TASK STATEMENT: For each line below that contains the word "IsStretchText", return that line.

[Data extracted from a collection]

//! What holds of every call. Each public function is a law, and does nothing.
ghost use Rattle.std.specs.Prelude.{◌≡◌, ◌<◌, ◌+◌, ◌-◌, ◌*◌, All, List, length, ℕ};
ghost use Rattle.busy_finds.specs.PricedOutcomes.{IsLinePriced};
ghost use Rattle.directory.specs.Census.{census};
ghost use Rattle.move_cost.specs.Costs.{cost_lines};
ghost use Rattle.move_cost.specs.Rate.{IsWithinRate};
ghost use Rattle.net_reader.specs.Input.{Contents};
ghost use Rattle.own_stretch.specs.Plans.{BoundWeights};
ghost use Rattle.region_plan.specs.Matched.{BoundsFinds, HasFewReaders, HasSmallSum};
ghost use Rattle.region_plan.specs.Plan.{PlanData, levels_of};
ghost use Rattle.report_check.specs.declared.verdict.Verdict.TheVariants.{Sound};
ghost use Rattle.report_text.specs.ReportText.{report_of};
ghost use Rattle.scripts.specs.Scripts.{scripts_of};
ghost use Rattle.stretch_laws.specs.NearOutcomes.{IsLineWithin};
ghost use Rattle.stretch_laws.specs.Plans.{bound_of};
ghost use Rattle.trail_laws.specs.Censuses.{IsCounted, who_ends_at};
ghost use Rattle.trail_laws.specs.RightOutcomes.{IsRightLine, TellInTurn, TellRisingNumbers};
ghost use Rattle.word_line.specs.declared.command.Command.TheVariants.{Census, Costs, Cover, MeanCover, MeanReplay, MeanStretch, Replay, ReplayJson, Run, Stretch};
ghost use Rattle.track.specs.Laws.{BytesHaveOneText, IsComplete, IsCompleteAlone, RunsAreReplayed};
ghost use Rattle.report_check.specs.Inputs.{plan_for};
ghost use Rattle.track.specs.Results.{IsCensusText, IsCostText, IsMeanPlanText, IsPlanText, IsReport, IsReportJson, IsReportOver, IsResult, IsRunReport, IsStretchText};
ghost use Rattle.track.specs.Results.{history_for, in_order, mean_plan_for, outcome_for, setting_for, stretches_over, verdict_for};

use json_form::one_text;
use net_reader::text_says_one;

/// To a command that is served without threads, bytes have one text and one status only.
pub fn bytes_have_one_text()
    ensures { BytesHaveOneText }
{
    one_text();
    text_says_one();
}

/// Where the bytes say an input, not too long, and nothing failed, the whole text was written, or
/// memory was wanting; and so it is to a command that reads nothing.
pub fn complete()
    ensures input { IsComplete }
    ensures alone { IsCompleteAlone }
{
    one_text();
    text_says_one();
}

/// The text of a run is the report of one order, which it prints whole, and the replay of the same
/// input with that order has the same text.
pub fn runs_are_replayed()
    ensures { RunsAreReplayed }
{
    text_says_one();
}

/// What a report tells: its lines are right, of answers about one subscriber later ones tell no
/// lower numbers, a caller's finds come in turn, quiet finds have near answers, every find is
/// within its price, and the checker of reports finds no flaw.
pub fn reports_tell()
    ensures right { (contents : Contents) (text : List ℕ) → IsReport contents text
        → All (IsRightLine (setting_for contents) (history_for contents))
        (outcome_for contents).calls }
    ensures rising { (contents : Contents) (text : List ℕ) → IsReport contents text
        → TellRisingNumbers (outcome_for contents).calls }
    ensures in_turn { (contents : Contents) (text : List ℕ) → IsReport contents text
        → TellInTurn (outcome_for contents).calls }
    ensures near { (contents : Contents) (text : List ℕ) → IsReport contents text
        → All (IsLineWithin (bound_of (plan_for contents)) (setting_for contents)
        (history_for contents)) (outcome_for contents).calls }
    ensures priced { (contents : Contents) (text : List ℕ) → IsReport contents text
        → All (IsLinePriced (bound_of (plan_for contents)) (setting_for contents)
        (history_for contents)) (outcome_for contents).calls }
    ensures sound { (contents : Contents) (text : List ℕ) → IsReport contents text
        → verdict_for contents text ≡ Sound }
{}

/// What the texts of other commands tell: a plan bounds its finds and is sparse; one over mean
/// covers has its reach, bounds its finds and is small in the sum; a census lists whom the scripts
/// leave at a node, each just where it stands; costs are within the rate; a report as JSON is that
/// of a report; and the report of a run is one under some order, in which the checker finds no
/// flaw. What each command makes of an input is such a text.
pub fn texts_tell()
    ensures bounding { (contents : Contents) (text : List ℕ) → IsPlanText contents text
        → BoundsFinds (plan_for contents) }
    ensures sparse { (contents : Contents) (text : List ℕ) → IsPlanText contents text
        → HasFewReaders (plan_for contents) }
    ensures mean_reach { (contents : Contents) (text : List ℕ) → IsMeanPlanText contents text
        → (mean_plan_for contents).reach ≡ 2 * contents.k + 1 }
    ensures mean_bounding { (contents : Contents) (text : List ℕ) → IsMeanPlanText contents text
        → BoundsFinds (mean_plan_for contents) }
    ensures mean_small_sum { (contents : Contents) (text : List ℕ) → IsMeanPlanText contents text
        → HasSmallSum (mean_plan_for contents) }
    ensures census_by_scripts { (contents : Contents) (text : List ℕ) → IsCensusText contents text
        → (node : ℕ) → node < contents.nodes
        → census (setting_for contents) (history_for contents) node
        ≡ who_ends_at contents.homes (scripts_of contents) node }
    ensures census_right { (contents : Contents) (text : List ℕ) → IsCensusText contents text
        → (sub node : ℕ) → sub < length contents.homes → node < contents.nodes
        → IsCounted (setting_for contents) (history_for contents) sub node }
    ensures costs_within { (contents : Contents) (text : List ℕ) → IsCostText contents text
        → All (IsWithinRate (2 * contents.k - 1) (levels_of (plan_for contents)))
        (cost_lines (setting_for contents) (scripts_of contents)) }
    ensures json_report { (contents : Contents) (text : List ℕ) → IsReportJson contents text
        → IsReport contents (report_of (outcome_for contents)) }
    ensures run_sound { (contents : Contents) (text : List ℕ) → IsRunReport contents text
        → verdict_for contents text ≡ Sound }
    ensures run_report { (contents : Contents) (text : List ℕ) → IsRunReport contents text
        → (order : List ℕ) × IsReport (in_order contents order) text }
    ensures replay { (contents : Contents) (text : List ℕ) → IsResult Replay contents text
        → IsReport contents text }
    ensures mean_replay { (contents : Contents) (text : List ℕ)
        → IsResult MeanReplay contents text
        → IsReportOver (mean_plan_for contents) contents text }
    ensures census { (contents : Contents) (text : List ℕ) → IsResult Census contents text
        → IsCensusText contents text }
    ensures costs { (contents : Contents) (text : List ℕ) → IsResult Costs contents text
        → IsCostText contents text }
    ensures replay_json { (contents : Contents) (text : List ℕ)
        → IsResult ReplayJson contents text → IsReportJson contents text }
    ensures cover { (contents : Contents) (text : List ℕ) → IsResult Cover contents text
        → IsPlanText contents text }
    ensures mean_cover { (contents : Contents) (text : List ℕ)
        → IsResult MeanCover contents text → IsMeanPlanText contents text }
    ensures run { (contents : Contents) (text : List ℕ) → IsResult Run contents text
        → IsRunReport contents text }
{}

/// What the text of a plan's stretches tells: its own ones bound the weight of finds over it. Such a
/// text is made of an input over either kind of covers.
pub fn stretches_tell()
    ensures bound { (plan : PlanData) (contents : Contents) (text : List ℕ)
        → IsStretchText plan contents text
        → BoundWeights plan contents.homes (stretches_over plan contents).own
        (stretches_over plan contents).any }
    ensures stretch { (contents : Contents) (text : List ℕ) → IsResult Stretch contents text
        → IsStretchText (plan_for contents) contents text }
    ensures mean_stretch { (contents : Contents) (text : List ℕ)
        → IsResult MeanStretch contents text
        → IsStretchText (mean_plan_for contents) contents text }
{}
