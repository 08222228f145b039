//! How many times its distance a find over a plan may weigh, as text.
ghost use Rattle.std.specs.Prelude.{◌≡◌, IfOk};
ghost use Rattle.net_graph.specs.Network.{IsGraphOf};
ghost use Rattle.net_reader.specs.Seen.{seen_input};
ghost use Rattle.net_reader.specs.Valid.{IsValid};
ghost use Rattle.region_plan.specs.Coverings.{trade_off_of};
ghost use Rattle.region_plan.specs.Regions.{covered_plan};
ghost use Rattle.report_check.specs.Inputs.{network_of};
ghost use Rattle.track.specs.Results.{IsStretchText};

use distances::Distances;
use net_graph::Graph;
use net_reader::Input;
use own_stretch::{own_stretches, plan_finds_keep_own_stretch, stretch_text};
use plan_laws::covered_plan_of_same_walks;
use region_plan::{Covering, Plan, covered_plan_means};
use std::alloc::{AllocError, Global};

// The stretches of the plan of an input's network over a covering.
pub(crate) fn stretches(
    alloc: Global,
    covering: Covering,
    input: &Input,
    graph: &Graph,
) -> Result<Vec<u8>, AllocError>
    requires valid { IsValid (seen_input input.now) }
    requires graph { IsGraphOf input.now.nodes input.now.edges.items graph.now }
    requires trade_off { trade_off_of covering ≡ input.now.k }
    ensures { IfOk result (λ text.
        IsStretchText (covered_plan covering (network_of (seen_input input.now)))
        (seen_input input.now) text.items) }
{
    plan_finds_keep_own_stretch();
    covered_plan_means();
    covered_plan_of_same_walks();
    let distances = Distances::new(alloc, graph)?;
    let plan = Plan::build_by(alloc, graph, &distances, covering)?;
    let found = own_stretches(alloc, &plan, &distances)?;
    stretch_text(alloc, &plan, found)
}
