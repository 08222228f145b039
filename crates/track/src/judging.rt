//! What answers a text that has an input and a report.
ghost use Rattle.std.specs.Prelude.{◌≡◌, ◌≤◌, IfOk, Ok, length};
ghost use Rattle.net_graph.specs.Network.{IsGraphOf};
ghost use Rattle.net_reader.specs.Reading.{most_bytes};
ghost use Rattle.net_reader.specs.Seen.{seen_input};
ghost use Rattle.net_reader.specs.Valid.{IsValid};
ghost use Rattle.report_check.specs.Verdicts.{most_bytes as most_text_bytes};
ghost use Rattle.track.specs.Bodies.{text_of};
ghost use Rattle.track.specs.Results.{IsJudged, IsRightVerdict, verdict_for, verdict_status};

use crate::answer::{Answer, Body, answer_refused};
use crate::status::Status;
use crate::transfer::reader_of;
use distances::Distances;
use net_graph::Graph;
use net_reader::{Input, inputs_are_valid};
use plan_laws::plan_of_same_walks;
use region_plan::Plan;
use report_check::{Verdict, check, verdict_line};
use std::alloc::{AllocError, Global};

// The verdict on a report of an input, over the plan of its network.
fn verdict_for(
    alloc: Global,
    input: &Input,
    graph: &Graph,
    report: &[u8],
) -> Result<Verdict, AllocError>
    requires valid { IsValid (seen_input input.now) }
    requires graph { IsGraphOf input.now.nodes input.now.edges.items graph.now }
    requires few { length report.now ≤ most_text_bytes }
    ensures { IfOk result (λ verdict. verdict ≡ verdict_for (seen_input input.now) report.now) }
{
    plan_of_same_walks();
    let distances = Distances::new(alloc, graph)?;
    let plan = Plan::build(alloc, graph, &distances, input.k)?;
    check(alloc, input, &plan, &distances, report)
}

// The status that goes with a verdict.
fn status_of(verdict: Verdict) -> Status
    ensures { result ≡ verdict_status verdict }
{
    match verdict {
        Verdict::Sound => Status::Done,
        Verdict::Unsound { .. } => Status::Unsound,
    }
}

// What answers an input and a report of it.
fn judge(alloc: Global, input: &Input, graph: &Graph, report: &[u8]) -> Result<Answer, AllocError>
    requires valid { IsValid (seen_input input.now) }
    requires graph { IsGraphOf input.now.nodes input.now.edges.items graph.now }
    requires few { length report.now ≤ most_text_bytes }
    ensures { IfOk result (λ answer. IsRightVerdict report.now (Ok (seen_input input.now))
        answer.status (text_of answer.body)) }
{
    let verdict = verdict_for(alloc, input, graph, report)?;
    let line = verdict_line(alloc, verdict)?;
    Ok(Answer {
        status: status_of(verdict),
        body: Body::Text(line),
    })
}

// What answers an input part and a report.
pub(crate) fn judge_parts(alloc: Global, part: &[u8], report: &[u8]) -> Result<Answer, AllocError>
    requires short { length part.now ≤ most_bytes }
    requires few { length report.now ≤ most_text_bytes }
    ensures { IfOk result (λ answer.
        IsJudged part.now report.now answer.status (text_of answer.body)) }
{
    inputs_are_valid();
    let reader = reader_of(alloc, part)?;
    match reader.end_with_graph(alloc) {
        Ok(found) => {
            let (input, graph) = found;
            judge(alloc, &input, &graph, report)
        }
        Err(refusal) => answer_refused(refusal),
    }
}
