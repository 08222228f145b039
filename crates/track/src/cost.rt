//! What the moves of an input cost, as text.
ghost use Rattle.std.specs.Prelude.{◌≡◌, IfOk};
ghost use Rattle.net_graph.specs.Network.{IsGraphOf};
ghost use Rattle.net_reader.specs.Seen.{seen_input};
ghost use Rattle.net_reader.specs.Valid.{IsValid};
ghost use Rattle.region_plan.specs.Settings.{setting_of};
ghost use Rattle.scripts.specs.Scripts.{scripts_of};
ghost use Rattle.move_cost.specs.Costs.{cost_lines};
ghost use Rattle.move_cost.specs.CostText.{costs_text_of};
ghost use Rattle.move_cost.specs.Plans.{GoTogether};
ghost use Rattle.track.specs.Results.{IsCostText};

use distances::Distances;
use move_cost::{costs, costs_text, network_lines_are_within_rate};
use net_graph::Graph;
use net_reader::Input;
use plan_laws::plan_of_same_walks;
use region_plan::{Plan, plan_means};
use scripts::scripts_are_valid;
use std::alloc::{AllocError, Global};

// What the moves of each subscriber cost over a plan, as text.
fn cost_text_over(
    alloc: Global,
    input: &Input,
    plan: &Plan,
    distances: &Distances,
) -> Result<Vec<u8>, AllocError>
    requires together { GoTogether (seen_input input.now) plan.now distances.now }
    ensures { IfOk result (λ text. text.items ≡ costs_text_of (cost_lines
        (setting_of plan.now input.now.homes.items) (scripts_of (seen_input input.now)))) }
{
    let lines = costs(alloc, input, plan, distances)?;
    costs_text(alloc, &lines)
}

// What the moves of each subscriber cost, over the plan of the input's network.
pub(crate) fn cost_text(alloc: Global, input: &Input, graph: &Graph) -> Result<Vec<u8>, AllocError>
    requires valid { IsValid (seen_input input.now) }
    requires graph { IsGraphOf input.now.nodes input.now.edges.items graph.now }
    ensures { IfOk result (λ text. IsCostText (seen_input input.now) text.items) }
{
    network_lines_are_within_rate();
    scripts_are_valid();
    plan_means();
    plan_of_same_walks();
    let distances = Distances::new(alloc, graph)?;
    let plan = Plan::build(alloc, graph, &distances, input.k)?;
    cost_text_over(alloc, input, &plan, &distances)
}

RESPONSE BOX:
ghost use Rattle.track.specs.Results.{IsCensusText, IsCostText, IsMeanPlanText, IsPlanText, IsReport, IsReportJson, IsReportOver, IsResult, IsRunReport, IsStretchText};
        → IsStretchText plan contents text
        → IsStretchText (plan_for contents) contents text }
        → IsStretchText (mean_plan_for contents) contents text }
ghost use Rattle.track.specs.Results.{IsStretchText};
        IsStretchText (covered_plan covering (network_of (seen_input input.now)))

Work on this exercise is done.